Kaci Lickteig

Ultrarunner Kaci Lickteig of Omaha.

Kaci Lickteig felt great during her run on Saturday — until she hit mile 62.

“I started getting nauseous,” the 29-year-old Omahan said Tuesday. “It kept getting worse. I was trying to push through so I stopped to walk it off.”

When that didn’t work, Lickteig tried another tactic.

“I finally burped a few times,” she said. “From then on, it was fine.”

Lickteig won the Western States 100-Mile Endurance Run in Squaw Valley, California. She completed the race — which is ultrarunning’s equivalent of the Boston Marathon — in 17 hours, 57 minutes and 59 seconds.

She was the first woman to cross the finish line.

“It’s so surreal,” said Lickteig, whose nickname is “pixie ninja.” “I am so overwhelmed thinking about it.”

The remote and rugged route follows a 100-mile segment of the Western States Trail, which stretches in full from Salt Lake City to Sacramento, California. Much of it is accessible only by foot.

About 380 people entered the race; 280 finished, including three other Nebraskans, who all live in Lincoln.

Pete Kostelnick had a time of 19 hours, 55 minutes and 44 seconds. Kyle Clouston completed the route in 25 hours, 46 minutes and 48 seconds. Jonathan Tanner finished in 28 hours, 45 minutes and 42 seconds.

This year marked Lickteig’s third time competing in the Western States 100. She placed second last year, completing the course in just under 19 and a half hours.

Lickteig said during this year’s race she drank the most she ever had during an ultramarathon to ensure she had fuel to keep moving and was properly hydrated.
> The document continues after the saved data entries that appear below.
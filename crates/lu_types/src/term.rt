ghost use Rattle.std.specs.Prelude.{◌≡◌};
ghost use Rattle.lu_types.specs.Terms.{term_rules};

use crate::bits::{OMIT_TF, PAYLOADS, has_bit};

/// What the dictionary says of a term (format page, "Terms"): the number of its field, in how many documents it stands, the
/// places where it starts in the files of entries and of positions, counted in bytes from their starts, and the bytes from
/// its first entry to its skip data, 0 where it has none.
#[derive(Clone, Copy, Debug, PartialEq, Eq)]
pub struct TermInfo {
    pub field: u32,
    pub doc_freq: u32,
    pub freq: u32,
    pub prox: u32,
    pub skip: u32,
}

/// What the header of a file of terms says (format page, "Terms"): how many terms there are, every how many terms the index
/// has one, from how many documents on a term has skip data, and how many levels its skip data have at most. All are below
/// 2^31.
#[derive(Clone, Copy, Debug, PartialEq, Eq)]
pub struct TermNumbers {
    pub count: u32,
    pub index_interval: u32,
    pub skip_interval: u32,
    pub max_levels: u32,
}

/// What the entries and skip data of a term are read by, besides the dictionary's line on the term (format page, "Entries and skip
/// data"): how many documents the segment has, how many entries one skip datum of the lowest level passes, the most skip
/// levels, and of the term's field whether it keeps neither frequencies nor positions, and whether it may have payloads.
#[derive(Clone, Copy, Debug, PartialEq, Eq)]
pub struct TermRules {
    pub documents: u32,
    pub skip_interval: u32,
    pub max_levels: u32,
    pub omit_tf: bool,
    pub payloads: bool,
}

impl TermRules {
    /// The rules of the terms of a field with these bits, in a dictionary with these numbers and a segment of so many documents.
    pub fn of(numbers: &TermNumbers, bits: u8, documents: u32) -> TermRules
        ensures { result ≡ term_rules numbers.now bits documents }
    {
        TermRules {
            documents,
            skip_interval: numbers.skip_interval,
            max_levels: numbers.max_levels,
            omit_tf: has_bit(OMIT_TF, bits),
            payloads: has_bit(PAYLOADS, bits),
        }
    }
}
“I was worried my blood sugar would crash,” she said.

As part of her training, for the 100-miler, she ran two 50-mile ultramarathons this spring.

In May, Lickteig won the Lincoln Marathon. Since then, she had been struggling with tendinitis in her knee. Lickteig said she concentrated on rest ahead of the Western States 100, and her knee didn’t bother her.

“I was very, very thankful for that,” Lickteig said.

Lickteig, a physical therapist, started ultrarunning in 2012. The races include distances longer than a marathon’s 26.2 miles.

Lickteig said she plans to run another 100-mile race in September. She hopes to eventually qualify for the Hardrock 100, which is held in Colorado and is considered one of the toughest ultramarathons in the country.